Based on our current information, it would be nice to review the Inode data of a file. From there, we might get further ideas on how to actually access the data. To do this, I decided to use the ‘stat’ command which gives us some of the information we are interested in:

  File: testfile
  Size: 5         	Blocks: 8          IO Block: 4096   regular file
Device: 10302h/66306d	Inode: 12719601    Links: 1
Access: (0664/-rw-rw-r--)  Uid: ( 1000/  martin)   Gid: ( 1000/  martin)
Access: 2023-09-03 21:05:34.664040682 +0200
Modify: 2023-09-03 21:05:34.664040682 +0200
Change: 2023-09-03 21:05:34.664040682 +0200
 Birth: 2023-09-03 21:05:34.664040682 +0200

Based on this output, we can see the index of the node, the IO Block size and the amount of blocks for the file.
With this new knowledge, I did some further research. Turns out, there is a command that allows us to find the physical location on our partition:

filefrag -v testfile

Filesystem type is: ef53
File size of testfile is 9 (1 block of 4096 bytes)
 ext:     logical_offset:        physical_offset: length:   expected: flags:
   0:        0..       0:   39519538..  39519538:      1:             last,eof
testfile: 1 extent found

Read the content of the disk location the file was previously stored

Now we know how big the offset from our physical start address is (39519538). This should be all the information we need. In theory, all we have to do form here is to read a bunch of bytes at the known physical offset from our partition. First, I had to figure out, what the name of my actual partition is:

df .

Filesystem     1K-blocks      Used Available Use% Mounted on
/dev/nvme0n1p2 490617784 240765100 224857204  52% /

Based on this information, we can use the dd command, to finally read the data we’ve been looking for:

sudo dd bs=4k skip=39519538 count=1 if=/dev/nvme0n1p2

test1234
1+0 records in
1+0 records out
4096 bytes (4,1 kB, 4,0 KiB) copied, 3,6266e-05 s, 113 MB/s

Now we can test if deleting the file removes the data or not. To do this, I simply created a file, looked up all the location information I needed and then deleted it again. If we want to actually be able to recover the data from a delete file, reading the known offset must still contain the wanted information: poc Looks like we are lucky and actually able to read a ‘deleted’ file this way.

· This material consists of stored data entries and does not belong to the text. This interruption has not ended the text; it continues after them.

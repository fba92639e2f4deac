//! The lines that rows are shown as.
ghost use Rattle.std.specs.Prelude.{◌≡◌, ◌++◌, IfOk, OnOk, string_bytes, flat_map};
ghost use Rattle.record_program.specs.Lines.{bytes_of, kept_word, key_sum, spaced, facts_of, line_of};

use job_rows::Row;
use plain_data::Text;
use sha1::Sha1;
use staging::Found;
use std::alloc::{AllocError, Global};

/// Returns the lines of these rows, in their order.
pub fn rows_text(alloc: Global, rows: &[Row]) -> Result<Text, AllocError>
    ensures { IfOk result (λ text. text ≡ flat_map line_of rows.now) }
{
    let mut text = String::new(alloc);
    for row in rows {
        text.push_str(line(alloc, row)?.as_str())?;
    }
    Ok(Text::from_string(text))
}

fn line(alloc: Global, row: &Row) -> Result<String, AllocError>
    ensures { IfOk result (λ text. string_bytes text ≡ line_of row.now) }
{
    let mut text = facts_of(alloc, row)?;
    text.push_str("\n")?;
    Ok(text)
}

/// Returns a row's line without its end: the sum of its key, its cost, the bytes of its files, and whether an archive is kept.
pub fn facts_of(alloc: Global, row: &Row) -> Result<String, AllocError>
    ensures { IfOk result (λ text. string_bytes text ≡ facts_of row.now) }
{
    let mut text = sum_of_key(alloc, row.key.as_str())?;
    push_number(alloc, &mut text, row.cost)?;
    push_number(alloc, &mut text, bytes_of(row.files.as_slice()))?;
    text.push_str(kept_word(row.archived))?;
    Ok(text)
}

// Adds a space and a number.
fn push_number(alloc: Global, text: &mut String, number: u64) -> Result<(), AllocError>
    ensures { OnOk result (string_bytes text.new ≡ string_bytes text.old ++ spaced number) }
{
    text.push_str(spaced(alloc, number)?.as_str())?;
    Ok(())
}

fn spaced(alloc: Global, number: u64) -> Result<String, AllocError>
    ensures { IfOk result (λ text. string_bytes text ≡ spaced number) }
{
    format!(in alloc; " {number}")
}

fn kept_word(archived: bool) -> &'static str
    ensures { result.now ≡ kept_word archived }
{
    if archived { " yes" } else { " no" }
}

/// Returns the SHA-1 of a key, which is also the name of its folder in the archive.
pub fn sum_of_key(alloc: Global, key: &str) -> Result<String, AllocError>
    ensures { IfOk result (λ sum. string_bytes sum ≡ key_sum key.now) }
{
    hex::encode(alloc, Sha1::digest(key.as_bytes()))
}

// The bytes of all files, or the greatest number if they are more.
fn bytes_of(files: &[Found]) -> u64
    ensures { result ≡ bytes_of files.now }
{
    let mut bytes: u64 = 0;
    for found in files {
        bytes = bytes.saturating_add(found.size);
    }
    bytes
}
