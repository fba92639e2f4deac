//! What is shown of a record, over any store, and which rows are forgotten first.
ghost use Rattle.std.specs.Prelude.{◌≡◌, ◌⊎◌, ℕ, List, IfOk, IfErr, IsTrue, flat_map};
ghost use Rattle.sqlite.specs.State.{HasCleanDisk};
ghost use Rattle.sqlite.specs.Held.{state};
ghost use Rattle.sqlite_rules.specs.Lists.{Has};
ghost use Rattle.job_record.specs.declared.fault.RecordFault.TheVariants.{OutOfMemory};
ghost use Rattle.job_record.specs.Counted.{FitsSpace};
ghost use Rattle.job_record.specs.Map.{IsRecord, IsRecordOf};
ghost use Rattle.job_record.specs.OpenMap.{IsBlank};
ghost use Rattle.record_program.specs.Endings.{Ends, IsEnding, ShowsNone};
ghost use Rattle.record_program.specs.Forgetting.{Forgets, Shows, ShowsIn, ForgetsFirst};
ghost use Rattle.record_program.specs.inner.Steps.{Picks, PicksOf, HoldsKeys, ForgetsOne, ForgetsAll};
ghost use Rattle.record_program.specs.Lines.{has_sum, line_of};

use crate::ending::Ending;
use crate::keys::keys_with;
use crate::lines::rows_text;
use crate::tables::refusal_of_shown;
use job_record::{JobRecord, RecordFault, rows_of};
use job_rows::Row;
use plain_data::{Items, Text};
use sqlite::{Alter, Connection, Error};
use std::alloc::Global;

/// Shows the rows of a record.
#[tactic(auto, using(crate::proofs::EndsOfRows::ends_end))]
pub fn shown<S: Alter>(alloc: Global, kept: &mut JobRecord<S>) -> Ending
    ensures ending { IsEnding result }
    ensures clean { HasCleanDisk (state S.Store kept.new.conn)
        → HasCleanDisk (state S.Store kept.old.conn) }
    ensures shows { HasCleanDisk (state S.Store kept.new.conn)
        → IsRecord (state S.Store kept.old.conn)
        → Shows (state S.Store kept.old.conn) (state S.Store kept.new.conn) result }
{
    let rows = kept.list();
    ended(alloc, rows)
}

/// Shows the rows of the record that a database holds, also of one of version 1, and changes nothing.
#[tactic(auto, using(crate::proofs::Unshown::is_ending))]
pub fn shown_in<S: Alter>(alloc: Global, conn: &mut Connection<S>) -> Ending
    ensures ending { IsEnding result }
    ensures shows { ShowsNone result
        ⊎ (ShowsIn (state S.Store conn.old) (state S.Store conn.new) result
        × (HasCleanDisk (state S.Store conn.new) → IsBlank (state S.Store conn.old) → ⊥)) }
{
    match refusal_of_shown(conn) {
        Some(fault) => Ending::Record(fault),
        None => listed(alloc, conn),
    }
}

#[tactic(auto, using(crate::proofs::EndsOfRows::ends_end))]
fn listed<S: Alter>(alloc: Global, conn: &mut Connection<S>) -> Ending
    ensures ending { IsEnding result }
    ensures shows { ShowsIn (state S.Store conn.old) (state S.Store conn.new) result }
{
    let rows = rows_of(alloc, conn);
    ended(alloc, rows)
}

/// Forgets the rows whose key has this SHA-1, and shows those that are left. If no row has it, that is R3, and the
/// record is as it was.
#[tactic(auto, using(crate::specs::Endings::faulty))]
pub fn forgotten<S: Alter>(alloc: Global, kept: &mut JobRecord<S>, sum: &str) -> Ending
    ensures ending { IsEnding result }
    ensures clean { HasCleanDisk (state S.Store kept.new.conn)
        → HasCleanDisk (state S.Store kept.old.conn) }
    ensures forgets { HasCleanDisk (state S.Store kept.new.conn)
        → (map : _) → FitsSpace kept.old.space map → IsRecordOf (state S.Store kept.old.conn) map
        → ForgetsFirst S.Store map kept.new.conn sum.now result }
{
    match forget_rows(alloc, kept, sum) {
        Ok(()) => shown(alloc, kept),
        Err(fault) => Ending::Record(fault),
    }
}

/// Returns how the command ends for these rows.
pub fn ended(alloc: Global, rows: Result<Items<Row>, RecordFault>) -> Ending
    ensures { Ends rows result }
{
    match rows {
        Ok(rows) => rows_ended(alloc, rows),
        Err(fault) => Ending::Record(fault),
    }
}

fn rows_ended(alloc: Global, rows: Items<Row>) -> Ending
    ensures { Ends (Ok rows) result }
{
    match text_of(alloc, rows) {
        Ok(text) => Ending::Rows(text),
        Err(fault) => Ending::Record(fault),
    }
}

fn text_of(alloc: Global, rows: Items<Row>) -> Result<Text, RecordFault>
    ensures ok { IfOk result (λ text. text ≡ flat_map line_of rows) }
    ensures err { IfErr result (λ fault. fault ≡ OutOfMemory) }
{
    Ok(rows_text(alloc, rows.as_slice())?)
}

#[tactic(auto, using(crate::proofs::LeavesOthers::forgets_rows, crate::proofs::LeavesOthers::forgets_none))]
fn forget_rows<S: Alter>(
    alloc: Global,
    kept: &mut JobRecord<S>,
    sum: &str,
) -> Result<(), RecordFault>
    ensures clean { HasCleanDisk (state S.Store kept.new.conn)
        → HasCleanDisk (state S.Store kept.old.conn) }
    ensures forgets { HasCleanDisk (state S.Store kept.new.conn)
        → (map : _) → FitsSpace kept.old.space map → IsRecordOf (state S.Store kept.old.conn) map
        → Forgets sum.now map (state S.Store kept.new.conn) result }
{
    match keys_held(alloc, kept, sum) {
        Ok(keys) => forget_all(kept, keys.as_slice()),
        Err(fault) => Err(fault),
    }
}

// The keys of the record that have the sum: at least one, or R3.
#[tactic(auto, using(crate::proofs::LeavesOthers::keys_hold))]
fn keys_held<S: Alter>(
    alloc: Global,
    kept: &mut JobRecord<S>,
    sum: &str,
) -> Result<Items<Text>, RecordFault>
    ensures clean { HasCleanDisk (state S.Store kept.new.conn)
        → HasCleanDisk (state S.Store kept.old.conn) }
    ensures holds { HasCleanDisk (state S.Store kept.new.conn)
        → (map : _) → IsRecordOf (state S.Store kept.old.conn) map
        → HoldsKeys sum.now map (state S.Store kept.new.conn) result }
    ensures space { kept.new.space ≡ kept.old.space }
{
    let all = kept.keys();
    picked(alloc, all, sum)
}

fn picked(
    alloc: Global,
    all: Result<Items<Text>, RecordFault>,
    sum: &str,
) -> Result<Items<Text>, RecordFault>
    ensures { Picks sum.now all result }
{
    match all {
        Ok(all) => some_with(alloc, &all, sum),
        Err(fault) => Err(fault),
    }
}

fn some_with(alloc: Global, all: &Items<Text>, sum: &str) -> Result<Items<Text>, RecordFault>
    ensures { PicksOf sum.now all.now result }
{
    let keys = keys_with(alloc, all.as_slice(), sum)?;
    if keys.is_empty() {
        Err(RecordFault::NoRow)
    } else {
        Ok(keys)
    }
}

fn forget_all<S: Alter>(kept: &mut JobRecord<S>, keys: &[Text]) -> Result<(), RecordFault>
    ensures clean { HasCleanDisk (state S.Store kept.new.conn)
        → HasCleanDisk (state S.Store kept.old.conn) }
    ensures forgets { HasCleanDisk (state S.Store kept.new.conn)
        → (map : _) → FitsSpace kept.old.space map → IsRecordOf (state S.Store kept.old.conn) map
        → (sum : List ℕ) → ((key : List ℕ) → Has keys.now key → IsTrue (has_sum sum key))
        → ForgetsAll sum keys.now map (state S.Store kept.new.conn) result }
{
    for key in keys {
        forget_one(kept, key.as_str())?;
    }
    Ok(())
}

// The key was listed, so its row is there unless the store has failed.
fn forget_one<S: Alter>(kept: &mut JobRecord<S>, key: &str) -> Result<(), RecordFault>
    ensures clean { HasCleanDisk (state S.Store kept.new.conn)
        → HasCleanDisk (state S.Store kept.old.conn) }
    ensures forgets { HasCleanDisk (state S.Store kept.new.conn)
        → (map : _) → FitsSpace kept.old.space map → IsRecordOf (state S.Store kept.old.conn) map
        → ForgetsOne key.now map kept.new.space (state S.Store kept.new.conn) result }
{
    match kept.forget(key) {
        Err(RecordFault::NoRow) => Err(RecordFault::Store(Error::QueryReturnedNoRows)),
        answer => answer,
    }
}
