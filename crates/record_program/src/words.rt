//! Why a record is refused, in words.

use job_record::RecordFault;
use sqlite::{Error, ErrorCode};
use std::alloc::{AllocError, Global};

/// Returns words on a fault: what a user has to know of it, and of the store's own causes their words.
pub fn fault_words(alloc: Global, fault: RecordFault) -> Result<String, AllocError> {
    match fault {
        RecordFault::NotARecord => String::from_str(
            alloc,
            "this is no record of jobs, or one of its rows can't be read: a record is a database with the tables meta, job and archive, pages of 4096 bytes, texts in UTF-8, no auto_vacuum and 64 GiB at most",
        ),
        RecordFault::WrongVersion => String::from_str(
            alloc,
            "this record has another version than 1 and 2, which are read here",
        ),
        RecordFault::NoRow => String::from_str(alloc, "no row has this key"),
        RecordFault::Store(error) => store_words(alloc, error),
        RecordFault::UsesSpent => {
            String::from_str(alloc, "no number is left for the next use of an archive")
        }
        RecordFault::OutOfMemory => String::from_str(alloc, "out of memory"),
    }
}

fn store_words(alloc: Global, error: Error) -> Result<String, AllocError> {
    match error {
        Error::SqliteFailure(ErrorCode::DatabaseBusy) => {
            String::from_str(alloc, "another run holds the record")
        }
        Error::SqliteFailure(ErrorCode::CannotOpen) => String::from_str(
            alloc,
            "the file can't be opened to be read and written, or can't be made",
        ),
        Error::SqliteFailure(ErrorCode::NotADatabase | ErrorCode::DatabaseCorrupt) => {
            String::from_str(
                alloc,
                "this is no database of SQLite, or one that is damaged or has virtual tables (as of FTS), and so no record",
            )
        }
        error => format!(in alloc; "{error}"),
    }
}
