//! Which steps of a workflow wait for jobs of a plan.
//!
//! A plan knows jobs whose inputs are known. A job whose inputs others still have to make is in none, so a run may come to more jobs than its
//! plan has. `waiting_steps` has the steps of those: it goes by the links of the workflow, and by which known jobs are open, whose
//! outputs are known only once they have run. `open_steps_are_open` says that it follows the links far enough.
#![tactic(auto)]

mod waiting;

pub use waiting::{PlannedJob, open_steps_are_open, waiting_steps};
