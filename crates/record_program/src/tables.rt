//! Whether a database has the tables of a record, before a row of theirs is read.
ghost use Rattle.std.specs.Prelude.{◌≡◌, ◌⊎◌, ℤ, pos, [], false, not, None, IfOk};
ghost use Rattle.std.specs.Ordering.{int_eq};
ghost use Rattle.sqlite.specs.Order.{column};
ghost use Rattle.sqlite.specs.declared.types.Value.TheVariants.{Int};
ghost use Rattle.sqlite.specs.State.{HasCleanDisk, IsUnchanged, QueriesRow};
ghost use Rattle.sqlite.specs.Held.{state};
ghost use Rattle.job_record.specs.Map.{IsRecord};
ghost use Rattle.job_record.specs.OpenMap.{IsBlank, IsFirst, OpensAs};
ghost use Rattle.job_record.specs.Rows.{OpensWithRows};
ghost use Rattle.record_program.specs.Views.{views_text};
ghost use Rattle.record_program.specs.inner.Looked.{Spares};

use job_record::{JobRecord, RecordFault, look};
use sqlite::{Alter, Connection, Error};
use sqlite_resolve::CompileError;
use std::alloc::Global;

const META: &str = "SELECT value FROM meta WHERE name = 'version'";

const VIEWS: &str =
    "SELECT count(*) FROM sqlite_schema WHERE type = 'view' AND lower(name) IN ('meta', 'job', 'archive')";

/// Opens the record that a database holds, with a budget. One with none of the tables is made a record only if `makes` says so.
pub fn as_record<S: Alter + Drop>(
    alloc: Global,
    mut conn: Connection<S>,
    budget: Option<u64>,
    makes: bool,
) -> Result<JobRecord<S>, (RecordFault, Connection<S>)>
    requires { conn.in_transaction ≡ false }
    ensures log { IfOk result (λ kept. kept.log.items ≡ []) }
    ensures space { IfOk result
        (λ kept. kept.space ≡ record { budget = budget; counted = None }) }
    ensures map { IfOk result (λ kept. HasCleanDisk (state S.Store kept.conn)
        → OpensAs budget (state S.Store conn) (state S.Store kept.conn)) }
    ensures rows { IfOk result (λ kept. HasCleanDisk (state S.Store kept.conn)
        → OpensWithRows budget (state S.Store conn) (state S.Store kept.conn)) }
{
    match refusal_in(&mut conn, makes) {
        Some(fault) => Err((fault, conn)),
        None => JobRecord::open_record(alloc, conn, budget),
    }
}

/// Why a database is not shown as a record, where it is none of a version that is known.
pub fn refusal_of_shown<S: Alter>(conn: &mut Connection<S>) -> Option<RecordFault>
    ensures clean { HasCleanDisk (state S.Store conn.new)
        → HasCleanDisk (state S.Store conn.old) }
    ensures same { result ≡ None → HasCleanDisk (state S.Store conn.new)
        → IsFirst (state S.Store conn.old) ⊎ IsRecord (state S.Store conn.old)
        → IsUnchanged (state S.Store conn.old) (state S.Store conn.new) }
    ensures some { result ≡ None → HasCleanDisk (state S.Store conn.new)
        → IsBlank (state S.Store conn.old) → ⊥ }
{
    match has_views(conn) {
        Ok(true) => Some(RecordFault::NotARecord),
        Ok(false) => refusal_of_look(conn),
        Err(error) => Some(RecordFault::Store(error)),
    }
}

fn refusal_of_look<S: Alter>(conn: &mut Connection<S>) -> Option<RecordFault>
    ensures clean { HasCleanDisk (state S.Store conn.new)
        → HasCleanDisk (state S.Store conn.old) }
    ensures same { result ≡ None → HasCleanDisk (state S.Store conn.new)
        → IsFirst (state S.Store conn.old) ⊎ IsRecord (state S.Store conn.old)
        → IsUnchanged (state S.Store conn.old) (state S.Store conn.new) }
    ensures some { result ≡ None → HasCleanDisk (state S.Store conn.new)
        → IsBlank (state S.Store conn.old) → ⊥ }
{
    match look(conn) {
        Ok(()) => None,
        Err(fault) => Some(fault),
    }
}

// A view in a table's place is no table, and reading it may have no end.
fn refusal_in<S: Alter>(conn: &mut Connection<S>, makes: bool) -> Option<RecordFault>
    ensures mode { conn.old.in_transaction ≡ false → conn.new.in_transaction ≡ false }
    ensures same { result ≡ None → Spares (state S.Store conn.old) (state S.Store conn.new) }
{
    match has_views(conn) {
        Ok(true) => Some(RecordFault::NotARecord),
        Ok(false) if makes => None,
        Ok(false) => refusal_of_version(conn),
        Err(error) => Some(RecordFault::Store(error)),
    }
}

// Whether the schema has such a view.
fn has_views<S: Alter>(conn: &mut Connection<S>) -> Result<bool, Error>
    ensures ok { HasCleanDisk (state S.Store conn.new) → IfOk result (λ found. (c : _)
        × QueriesRow views_text [] (state S.Store conn.old) (state S.Store conn.new) (Ok c)
        × (n : ℤ) × (column c 0 ≡ Int n) × (found ≡ not (int_eq n (pos 0)))) }
    ensures clean { HasCleanDisk (state S.Store conn.new)
        → HasCleanDisk (state S.Store conn.old) }
    ensures mode { conn.old.in_transaction ≡ false → conn.new.in_transaction ≡ false }
{
    let columns = conn.query_row(VIEWS, &[])?;
    columns.get(0)
}

// A store without the table of the version is no record. Opened as one it would be made one.
fn refusal_of_version<S: Alter>(conn: &mut Connection<S>) -> Option<RecordFault>
    ensures mode { conn.old.in_transaction ≡ false → conn.new.in_transaction ≡ false }
    ensures clean { HasCleanDisk (state S.Store conn.new)
        → HasCleanDisk (state S.Store conn.old) }
    ensures same { result ≡ None → HasCleanDisk (state S.Store conn.new)
        → IsUnchanged (state S.Store conn.old) (state S.Store conn.new) }
{
    match conn.prepare(META) {
        Ok(_) => None,
        Err(error) => Some(refusal_of(error)),
    }
}

// Why a store whose version can't be asked for is no record.
fn refusal_of(error: Error) -> RecordFault {
    match error {
        Error::SqlInputError(CompileError::NoSuchTable) => RecordFault::NotARecord,
        Error::SqlInputError(CompileError::NoSuchColumn) => RecordFault::NotARecord,
        _ => RecordFault::Store(error),
    }
}
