//! A law of what is compared: the contract of a function that does nothing.
ghost use Rattle.record_program.specs.Checking.{SparesArchives};

/// A folder that is called unknown is one of those that were found, and has nothing of an archive that its own folder has not.
pub fn unknown_spares_archives()
    ensures { SparesArchives }
{}
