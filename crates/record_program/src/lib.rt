//! Shows the record of jobs that a file holds, and forgets rows of it: all of `deparohi record` but its words. And opens
//! that record for a run.
//!
//! `Records` is what the program asks: how the command ends on a file, and the record of a file for a run. `main_run` is the command
//! over two writers. It opens the file, forgets the rows whose key has a given SHA-1, and prints a line for each row that is left.
//! `ended` says from the rows alone what is printed (`specs/Lines.antt`), and `keys_with` which keys have the sum. A file
//! that holds no record is refused and left as it is: the command makes nothing of it. For a run a record is made if there is none.
//! Before the store opens a file, `look` reads the first bytes of it and of its log, and `head_of` says what they are
//! (`specs/Head.antt`); before a row is read, `tables` looks whether both tables are tables.
#![tactic(auto)]

mod checking;
mod closing;
mod copying;
mod databases;
mod ending;
mod file;
mod head;
mod held;
mod kept;
mod keys;
mod laws;
mod lines;
mod listing;
mod look;
mod store;
mod tables;
mod trimming;
mod words;

pub use checking::{Difference, compared};
pub use closing::{forgotten_for_good, trimmed_for_good};
pub use copying::is_unwritable;
pub use databases::Databases;
pub use ending::{Ending, unclosed};
pub use file::{Records, main_run};
pub use head::{Head, LogHead, head_of, is_bare_log, is_too_long, log_of, refusal_of};
pub use kept::{FileLeft, FileRecord};
pub use keys::keys_with;
pub use laws::unknown_spares_archives;
pub use lines::{facts_of, rows_text, sum_of_key};
pub use listing::{Listing, listed};
pub use store::{ended, forgotten, shown};
pub use trimming::{lost_keys, trimmed};
pub use words::fault_words;
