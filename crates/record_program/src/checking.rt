//! What the folder of a cache's files has that its record does not know, and the other way round.
ghost use Rattle.std.specs.Prelude.{◌≡◌, ◌<◌, IfOk, IfErr, filter, not};
ghost use Rattle.std.specs.List.{list_all};
ghost use Rattle.plain_data.specs.ByName.{by_name, names, times};
ghost use Rattle.job_record.specs.declared.fault.RecordFault.TheVariants.{NotARecord, OutOfMemory};
ghost use Rattle.record_program.specs.Checking as spec;

use crate::lines::sum_of_key;
use job_record::RecordFault;
use job_rows::Archive;
use plain_data::{Items, Keyed, Text};
use std::alloc::{AllocError, Global};

/// How many digits a SHA-1 has.
const DIGITS: usize = 40;

/// How the folder of a cache's files and the archives of its record differ, in the order of bytes.
#[derive(Drop)]
pub struct Difference {
    /// The names of folders that have nothing of an archive.
    pub unknown: Items<Text>,
    /// The sums of the keys of archives that have no folder.
    pub missing: Items<Text>,
}

/// Compares the names in the folder of a cache's files with the archives of its record. Other names than those of an archive, and of what
/// stores of one left, are passed over.
///
/// # Errors
///
/// R1 if a name is there twice, or the keys of two archives have one sum; out of memory.
pub fn compared(
    alloc: Global,
    names: &[Text],
    archives: &[Archive],
) -> Result<Difference, RecordFault>
    ensures unknown { IfOk result (λ found. found.unknown ≡ spec.unknown names.now archives.now) }
    ensures missing { IfOk result (λ found. found.missing ≡ spec.missing names.now archives.now) }
    ensures err { IfErr result (spec.Refuses names.now archives.now) }
{
    let folders = folders_of(alloc, names)?;
    let sums = sums_of(alloc, archives)?;
    differ(alloc, &folders, &sums)
}

fn differ(alloc: Global, folders: &Keyed<()>, sums: &Keyed<()>) -> Result<Difference, RecordFault>
    ensures unknown { IfOk result (λ found. found.unknown
        ≡ filter (λ name. not (spec.may_hold (spec.is_in folders.now) (spec.is_in sums.now) name))
        (names folders.now)) }
    ensures missing { IfOk result (λ found. found.missing
        ≡ filter (λ sum. not (spec.is_in folders.now sum)) (names sums.now)) }
    ensures err { IfErr result (λ fault. fault ≡ OutOfMemory) }
{
    Ok(Difference {
        unknown: unknown_of(alloc, folders, sums)?,
        missing: missing_of(alloc, folders, sums)?,
    })
}

fn folders_of(alloc: Global, names: &[Text]) -> Result<Keyed<()>, RecordFault>
    ensures ok { IfOk result (λ keyed. keyed ≡ by_name (spec.entries (spec.stored names.now))) }
    ensures err { IfErr result (spec.IsUnordered (spec.stored names.now)) }
{
    in_order(stored(alloc, names)?)
}

fn sums_of(alloc: Global, archives: &[Archive]) -> Result<Keyed<()>, RecordFault>
    ensures ok { IfOk result (λ keyed. keyed ≡ by_name (spec.entries (spec.sums archives.now))) }
    ensures err { IfErr result (spec.IsUnordered (spec.sums archives.now)) }
{
    in_order(sums(alloc, archives)?)
}

fn in_order(texts: Vec<(Text, ())>) -> Result<Keyed<()>, RecordFault>
    ensures ok { IfOk result (λ keyed. keyed ≡ by_name texts.items) }
    ensures err { IfErr result (λ fault. (fault ≡ NotARecord)
        × ((name : _) × (1 < times name texts.items))) }
{
    match Keyed::from_entries(texts) {
        Ok(keyed) => Ok(keyed),
        Err(_) => Err(RecordFault::NotARecord),
    }
}

// Each is found by halving.
fn unknown_of(
    alloc: Global,
    folders: &Keyed<()>,
    sums: &Keyed<()>,
) -> Result<Items<Text>, AllocError>
    ensures { IfOk result (λ left. left
        ≡ filter (λ name. not (spec.may_hold (spec.is_in folders.now) (spec.is_in sums.now) name))
        (names folders.now)) }
{
    let mut left = Items::new(alloc);
    for folder in folders.as_slice() {
        if !may_hold(folders, sums, folder.0.as_str()) {
            left.push(folder.0.copied(alloc)?)?;
        }
    }
    Ok(left)
}

// Whether a folder may have the files of an archive: it is its own, or the only one that stores of it left.
fn may_hold(folders: &Keyed<()>, sums: &Keyed<()>, name: &str) -> bool
    ensures { result ≡ spec.may_hold (spec.is_in folders.now) (spec.is_in sums.now) name.now }
{
    sums.contains(name) || is_only_left(folders, sums, name)
}

fn is_only_left(folders: &Keyed<()>, sums: &Keyed<()>, name: &str) -> bool
    ensures { result ≡ spec.is_only_left (spec.is_in folders.now) (spec.is_in sums.now) name.now }
{
    match name.strip_prefix('.') {
        Some(sum) => sums.contains(sum) && !folders.contains(sum),
        None => false,
    }
}

fn missing_of(
    alloc: Global,
    folders: &Keyed<()>,
    sums: &Keyed<()>,
) -> Result<Items<Text>, AllocError>
    ensures { IfOk result (λ left. left
        ≡ filter (λ sum. not (spec.is_in folders.now sum)) (names sums.now)) }
{
    let mut left = Items::new(alloc);
    for sum in sums.as_slice() {
        if !folders.contains(sum.0.as_str()) {
            left.push(sum.0.copied(alloc)?)?;
        }
    }
    Ok(left)
}

fn stored(alloc: Global, all: &[Text]) -> Result<Vec<(Text, ())>, AllocError>
    ensures { IfOk result (λ entries. entries.items ≡ spec.entries (spec.stored all.now)) }
{
    let mut entries = Vec::new(alloc);
    for name in all {
        if is_stored(name.as_str()) {
            entries.push((name.copied(alloc)?, ()))?;
        }
    }
    Ok(entries)
}

fn sums(alloc: Global, archives: &[Archive]) -> Result<Vec<(Text, ())>, AllocError>
    ensures { IfOk result (λ entries. entries.items ≡ spec.entries (spec.sums archives.now)) }
{
    let mut entries = Vec::new(alloc);
    for archive in archives {
        let sum = sum_of_key(alloc, archive.key.as_str())?;
        entries.push((Text::from_string(sum), ()))?;
    }
    Ok(entries)
}

/// Whether a name is that of an archive, or of what stores of one left.
pub fn is_stored(name: &str) -> bool
    ensures { result ≡ spec.is_stored name.now }
{
    match name.as_bytes() {
        [b'.', digits @ ..] => is_sum(digits),
        digits => is_sum(digits),
    }
}

fn is_sum(digits: &[u8]) -> bool
    ensures { result ≡ spec.is_sum digits.now }
{
    digits.len() == DIGITS && are_digits(digits)
}

fn are_digits(digits: &[u8]) -> bool
    ensures { result ≡ list_all spec.is_digit digits.now }
{
    digits.iter().all(|digit| is_digit(*digit))
}

fn is_digit(digit: u8) -> bool
    ensures { result ≡ spec.is_digit digit }
{
    matches!(digit, b'0'..=b'9' | b'a'..=b'f')
}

However, this is only the first part of the deal. Let us assume that we want to read a file that has already been deleted before we looked up the physical offset. Then based on our current method, we have no way of figuring out where we have to look for our data. This is where I decided to use a typical brute force approach and simply search on the entire partition for a specific sequence of characters.

In this case, we know that the data consists of the string “test1234”. So we should be able to recover the bytes that represent these characters.